|
İç buhran gönüllüleri

ODTÜ"deki "Cemaat, başörtüsü, Ak Parti gençlik" başlığında özetlenecek taciz videosunu izlerken psikolojik harbin 2013 yeni yazılım versiyonu ile karşı karşıya olduğumuzu düşünmeden edemedim. Psikolojik harbin sivil unsurlarını oluşturan iç buhran gönüllülerini hiçbir zaman tanıyamayacağız. Bugün Türkiye"deki başörtüsü düşmanlığı üzerine yazılabilecek şeyleri binlerce kez tekrar etmek yerine başka bir hatırlatma yapmayı daha doğru buluyorum. Bu olayın 6-7 Eylül olaylarının yıldönümüne denk gelmesi de ayrıca düşünmeye sevk eden bir tesadüf!

...

TBMM Darbeleri Araştırma Komisyon Raporu"nun "Özel Harp" başlığı altındaki bölümünü Türkiye"yi izlerken tekrar tekrar okumakta fayda görüyorum. Bu bölümün son paragrafında yer alan bölüm özel harbe ait unsurların büyük bölümünün karanlıkta ve aktif halde kaldığını gösteriyor.

"Türkiye"de bir gerginlik ve kutuplaşma iklimi oluşturan ve tetikleyen yapılar var. Bu gayrikanuni çetelerin sayısının 50"den aşağı olmadığı tahmin edilmektedir. Böyle bir yapılanma ortaya net izlerini koymuşken İtalya"nın "Gladio Operasyonu" ile deşifre edilen illegal ağları gibi Türkiye de bu illegal iç buhran gönüllülerini tabandan zirveye tespit etmeli ve tasfiye etmelidir."

Tabandan zirveye bu unsurlar tasfiye edilebilir mi?

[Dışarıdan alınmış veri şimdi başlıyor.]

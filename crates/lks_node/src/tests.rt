//! Whole runs of a node.

ghost use Rattle.std.specs.Prelude.{IfOk};
ghost use Rattle.lks_disk.specs.MemFace.{mem_face};
ghost use Rattle.lks_store.specs.Opening.{IsIdle};

use crate::runs::node;
use crate::statuses::NodeStatus;
use lks_disk::{Disk, MemDisk};
use lks_outside::{FirstByteJudge, MemSink, MemSource};
use lks_store::{FileOpener, MemOpener, Opener};
use std::alloc::Global;
use std::fmt::Debug;
use std::fs;
use std::fs::{File, Files};
use std::process::Abort;
use std::sync::Wait;
use std::test::*;

const SCRIPT: &[u8] = b"\
lockss 1
rules inner 4 quorum 3 minority 1 outer 0 repairs 2 pace 0 refractory 0 overdue 100 unknown 100 debt 100 churn 0
au 1 2
peer 1 honest 01 01
peer 2 corrupt 02 01
peer 3 corrupt 03 01
peer 4 corrupt 04 01
refs 1 2 3 4
copy 1 1 41,42
";

/// `open 1 1` as a frame.
const OPEN: &[u8] = b"\x00\x00\x00\x09\x02open 1 1";

/// One record, and the invitations of the inner circle.
const OPENED: &[u8] = b"\
\x00\x00\x00\x2e\x00\x01\x00\x03\
\x00\x02\x00\x00\x00\x08\x01\x01\x00\x00\x00\x01\x00\x01\
\x00\x03\x00\x00\x00\x08\x01\x01\x00\x00\x00\x01\x00\x01\
\x00\x04\x00\x00\x00\x08\x01\x01\x00\x00\x00\x01\x00\x01";

const NOTHING: &[u8] = b"\x00\x00\x00\x04\x00\x00\x00\x00";

/// A disk with these bytes, and nothing pending.
fn disk_with(alloc: Global, bytes: &[u8]) -> Result<MemDisk, Fail>
    ensures { IfOk result (IsIdle mem_face) }
{
    let mut disk = MemDisk::new(alloc, Vec::new(alloc));
    disk.write_at(0, bytes)?;
    disk.sync()?;
    Ok(disk)
}

/// What a run leaves: its answer, what it wrote, and the bytes of its store.
#[derive(Drop)]
struct Left {
    status: NodeStatus,
    output: Vec<u8>,
    store: Vec<u8>,
}

/// Ends the test where a run didn't answer and write this, and says at which row.
fn expect(rt: &impl Abort, left: &Left, wanted: NodeStatus, output: &[u8], row: &impl Debug) {
    assert_eq!(rt; left.status, wanted, "{row:?}");
    assert_eq!(rt; left.output.as_slice(), output, "{row:?}");
}

/// The frame of the script, and these bytes behind it.
fn input_of(alloc: Global, frames: &[u8]) -> Result<Vec<u8>, Fail> {
    let mut bytes = Vec::new(alloc);
    bytes.extend_from_slice(&(SCRIPT.len() as u32).to_be_bytes())?;
    bytes.extend_from_slice(SCRIPT)?;
    bytes.extend_from_slice(frames)?;
    Ok(bytes)
}

fn words_of(alloc: Global, words: [&str; 2]) -> Result<Vec<String>, Fail> {
    let mut said = Vec::new(alloc);
    for word in words {
        said.push(String::from_str(alloc, word)?)?;
    }
    Ok(said)
}

/// A run with these two words, a store with these bytes, and these bytes behind the script, so many a call.
fn run<R: Wait>(
    alloc: Global,
    rt: &R,
    words: [&str; 2],
    store: &[u8],
    frames: &[u8],
    width: usize,
) -> Result<Left, Fail> {
    run_over(alloc, rt, words, store, input_of(alloc, frames)?, width)
}

/// The same with these bytes as its whole input.
fn run_over<R: Wait>(
    alloc: Global,
    rt: &R,
    words: [&str; 2],
    store: &[u8],
    input: Vec<u8>,
    width: usize,
) -> Result<Left, Fail> {
    let mut source = MemSource::narrow(alloc, input, Vec::new(alloc), width.max(1));
    let mut sink = MemSink::new(alloc, Vec::new(alloc));
    let mut opener = MemOpener::new(disk_with(alloc, store)?, false);
    run_with(alloc, rt, words, &mut source, &mut sink, &mut opener)
}

/// A run with these two words over these devices.
fn run_with<R: Wait>(
    alloc: Global,
    rt: &R,
    words: [&str; 2],
    source: &mut MemSource,
    sink: &mut MemSink,
    opener: &mut MemOpener<MemDisk>,
) -> Result<Left, Fail> {
    let said = words_of(alloc, words)?;
    let mut judge = FirstByteJudge::new(alloc)?;
    let (status, left) = node(alloc, rt, &said, source, sink, opener, &mut judge);
    let output = sink.bytes().to_vec(alloc)?;
    Ok(Left {
        status,
        output,
        store: bytes_of(alloc, left)?,
    })
}

fn bytes_of(alloc: Global, store: Option<MemDisk>) -> Result<Vec<u8>, Fail> {
    match store {
        Some(disk) => Ok(disk.bytes().to_vec(alloc)?),
        None => Ok(Vec::new(alloc)),
    }
}

#[test]
fn opens_a_poll_once(rt: HostRuntime) -> Result<(), Fail> {
    let alloc = rt.alloc();
    let first = run(alloc, &rt, ["1", "j"], b"", OPEN, usize::MAX)?;
    expect(&rt, &first, NodeStatus::Done, OPENED, &"first");
    let again = run(alloc, &rt, ["1", "j"], &first.store, OPEN, usize::MAX)?;
    expect(&rt, &again, NodeStatus::Done, NOTHING, &"again");
    let narrow = run(alloc, &rt, ["1", "j"], b"", OPEN, 1)?;
    expect(&rt, &narrow, NodeStatus::Done, OPENED, &"narrow");
    Ok(())
}

/// The words, the bytes of the store, those behind the script, and the answer.
const REFUSED: [([&str; 2], &[u8], &[u8], NodeStatus); 9] = [
    (
        ["1", "j"],
        b"\xa5\x00\x00\x00\x08\x00\x01\x01\x06\x00\x00\x00\x01\x00",
        b"",
        NodeStatus::Foreign { batch: 0 },
    ),
    (
        ["1", "j"],
        b"\xa5\x00\x00\x00\x05",
        b"",
        NodeStatus::Damaged { offset: 0 },
    ),
    (
        ["1", "j"],
        b"",
        b"\x00\x00\x00\x01\x09",
        NodeStatus::BadFrame { index: 1 },
    ),
    (["2", "j"], b"", b"", NodeStatus::Stranger),
    (["65536", "j"], b"", b"", NodeStatus::Usage),
    (["1", ""], b"", b"", NodeStatus::Usage),
    (
        ["1", "j"],
        b"",
        b"\x00\x00\x00\x09\x02open 2 1",
        NodeStatus::BadFrame { index: 1 },
    ),
    (
        ["1", "j"],
        b"",
        b"\x00\x00\x9c\x44",
        NodeStatus::BadFrame { index: 1 },
    ),
    (
        ["1", "j"],
        b"",
        b"\x00\x00\x00\x05\x03\x00\x00\x00\x00",
        NodeStatus::BadFrame { index: 1 },
    ),
];

#[test]
fn refuses(rt: HostRuntime) -> Result<(), Fail> {
    for (words, store, frames, wanted) in REFUSED.iter() {
        let left = run(rt.alloc(), &rt, *words, store, frames, usize::MAX)?;
        expect(&rt, &left, *wanted, b"", words);
    }
    Ok(())
}

/// Inputs whose first frame isn't whole, is longer than a script may be, or is no script.
const NO_SCRIPTS: [(&[u8], NodeStatus); 4] = [
    (b"", NodeStatus::BadFrame { index: 0 }),
    (b"\x00\x00\x00\x05lock", NodeStatus::BadFrame { index: 0 }),
    (
        b"\x01\x00\x00\x01lockss 1\n",
        NodeStatus::BadFrame { index: 0 },
    ),
    (
        b"\x00\x00\x00\x09lockss 2\n",
        NodeStatus::BadScript { line: 1 },
    ),
];

#[test]
fn begins_with_a_script(rt: HostRuntime) -> Result<(), Fail> {
    let alloc = rt.alloc();
    for (input, wanted) in NO_SCRIPTS.iter() {
        let left = run_over(
            alloc,
            &rt,
            ["1", "j"],
            b"",
            input.to_vec(alloc)?,
            usize::MAX,
        )?;
        expect(&rt, &left, *wanted, b"", input);
        assert!(rt; left.store.is_empty());
    }
    Ok(())
}

/// A tick as a frame.
const TICK: &[u8] = b"\x00\x00\x00\x05\x03\x00\x00\x00\x01";

/// How many frames come behind the script, and the answer.
const COUNTS: [(u32, NodeStatus); 2] = [(4_096, NodeStatus::Done), (4_097, NodeStatus::TooMany)];

#[test]
fn takes_so_many_frames(rt: HostRuntime) -> Result<(), Fail> {
    let alloc = rt.alloc();
    for (count, wanted) in COUNTS.iter() {
        let mut frames = Vec::new(alloc);
        for _ in 0..*count {
            frames.extend_from_slice(TICK)?;
        }
        let left = run(alloc, &rt, ["1", "j"], b"", &frames, usize::MAX)?;
        assert_eq!(rt; left.status, *wanted);
        assert_eq!(rt; left.output.len(), 4_096 * NOTHING.len());
    }
    Ok(())
}

const FOLDER: &str = "lks_node_test";

const PATH: &str = "lks_node_test/journal";

/// A run of peer 1 with its journal in the file: what it answers and writes, without its store.
fn run_on_file<R: Wait + Files<File = File>>(
    alloc: Global,
    rt: &R,
    frames: &[u8],
) -> Result<Left, Fail> {
    let mut source = MemSource::new(alloc, input_of(alloc, frames)?, Vec::new(alloc));
    let mut sink = MemSink::new(alloc, Vec::new(alloc));
    let mut opener = FileOpener::new(rt);
    let mut judge = FirstByteJudge::new(alloc)?;
    let said = words_of(alloc, ["1", PATH])?;
    // The store is dropped without a word, as a process that is killed leaves its file.
    let (status, _store) = node(
        alloc,
        rt,
        &said,
        &mut source,
        &mut sink,
        &mut opener,
        &mut judge,
    );
    Ok(Left {
        status,
        output: sink.bytes().to_vec(alloc)?,
        store: Vec::new(alloc),
    })
}

#[test]
fn goes_on_from_a_file(rt: HostRuntime) -> Result<(), Fail> {
    let _ = fs::remove_dir_all(&rt, FOLDER);
    fs::create_dir(&rt, FOLDER)?;
    let first = run_on_file(rt.alloc(), &rt, OPEN)?;
    expect(&rt, &first, NodeStatus::Done, OPENED, &"first");
    let again = run_on_file(rt.alloc(), &rt, OPEN)?;
    expect(&rt, &again, NodeStatus::Done, NOTHING, &"again");
    let held = FileOpener::new(&rt).open_store(PATH)?;
    let refused = run_on_file(rt.alloc(), &rt, OPEN)?;
    expect(&rt, &refused, NodeStatus::OpenFault, b"", &"held");
    drop(held);
    fs::remove_dir_all(&rt, FOLDER)?;
    Ok(())
}

/// The calls that fail, counted from 1: reads, writes of the sink, writes and syncs of the store; and the answer.
const FAULTS: [(&[u32], &[u32], &[u32], NodeStatus); 5] = [
    (&[1], &[], &[], NodeStatus::ReadFault),
    (&[3], &[], &[], NodeStatus::ReadFault),
    (&[], &[1], &[], NodeStatus::WriteFault),
    (&[], &[], &[1], NodeStatus::DiskFault),
    (&[], &[], &[9], NodeStatus::DiskFault),
];

/// A run of peer 1 on an empty store, with calls that fail.
fn run_failing<R: Wait>(
    alloc: Global,
    rt: &R,
    reads: &[u32],
    writes: &[u32],
    calls: &[u32],
) -> Result<Left, Fail> {
    let mut source = MemSource::new(alloc, input_of(alloc, OPEN)?, reads.to_vec(alloc)?);
    let mut sink = MemSink::new(alloc, writes.to_vec(alloc)?);
    let mut opener = MemOpener::new(MemDisk::new(alloc, calls.to_vec(alloc)?), false);
    run_with(alloc, rt, ["1", "j"], &mut source, &mut sink, &mut opener)
}

#[test]
fn stops_at_a_fault(rt: HostRuntime) -> Result<(), Fail> {
    for (reads, writes, calls, wanted) in FAULTS.iter() {
        let left = run_failing(rt.alloc(), &rt, reads, writes, calls)?;
        expect(&rt, &left, *wanted, b"", &(reads, writes, calls));
    }
    Ok(())
}

// A journal is made by 2 calls, and the deposit and the opening take 4 each. What is left goes on: the poll is opened,
// or was.
#[test]
fn goes_on_where_a_call_failed(rt: HostRuntime) -> Result<(), Fail> {
    let alloc = rt.alloc();
    for call in 1..11u32 {
        let left = run_failing(alloc, &rt, &[], &[], &[call])?;
        expect(&rt, &left, NodeStatus::DiskFault, b"", &call);
        let next = run(alloc, &rt, ["1", "j"], &left.store, OPEN, usize::MAX)?;
        let output = if call > 8 && next.output.as_slice() == NOTHING {
            NOTHING
        } else {
            OPENED
        };
        expect(&rt, &next, NodeStatus::Done, output, &call);
    }
    let left = run_failing(alloc, &rt, &[], &[], &[11])?;
    expect(&rt, &left, NodeStatus::Done, OPENED, &11);
    Ok(())
}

Hem NATO ülkesi olup hem de bunu yapmak mümkün müdür?

Burada sözü edilen gerginlik ve kutuplaşma oluşturmak ile görevli 50"ye yakın gayrikanuni çeteleri tanımak mümkün değil ise basına servis edilen her haber karşısında düşünmek gerekiyor. Rapor"u okurken de görüyoruz ki bu işin planlama safhasında öfkeyi tetikleyecek "zulüm" üreten hareketlere taktik olarak büyük önem verilmiş ve her zaman sonuç alınmış.

...

Rapor"da yer verilen alıntılardan bazıları.

Ecevit diyor ki: "1974"de başbakanlığım döneminde dönemin genelkurmay başkanı benden örtülü ödenekten bir kaç milyon lira istedi. O yıllarda bu para neredeyse örtülü ödeneğin tamamını kapsıyordu. Sadece sosyal yardımlar için kullandığım bu ödeneğe ilişkin tüm harcamaları belgeletip Başbakanlık müsteşarının kasasında saklatıyordum. Bu paranın ne amaçla istendiğini sordum. "Özel Harp Dairesi için dedi". Daha önce bu dairenin adını hiç duymamıştım. Onlara bu parayı ABD veriyormuş. Bir anlaşmazlık çıktığı için ödeneği kesmişler. Özel Harp Dairesi"nin Türkiye"nin ve bir kısım topraklarımızın düşman istilasına uğraması durumunda istilacılara karşı gerilla yöntemiyle her türlü mücadeleye hazır olmak üzere kurulduğunu anlattılar. Adları gizli tutulan bazı vatansever gönüllüler Özel Harp Daire"sinin sivil uzantısı olarak çalışmak üzere ömür boyu görevlendirilmişlerdi."

Ecevit bu bilgileri dönemin Cumhurbaşkanı Korutürk"e bir mektup ile göndermesi ile Özel Harp Dairesi"nin varlığı da ilk defa devletin resmi kayıtlarına girer.

Eski Anayasa Mahkemesi Üyesi Sacit Adalı"nın çocukluğuna ilişkin 6-7 Eylül olaylarına ilişkin tanıklığı da önemli ipuçları verir.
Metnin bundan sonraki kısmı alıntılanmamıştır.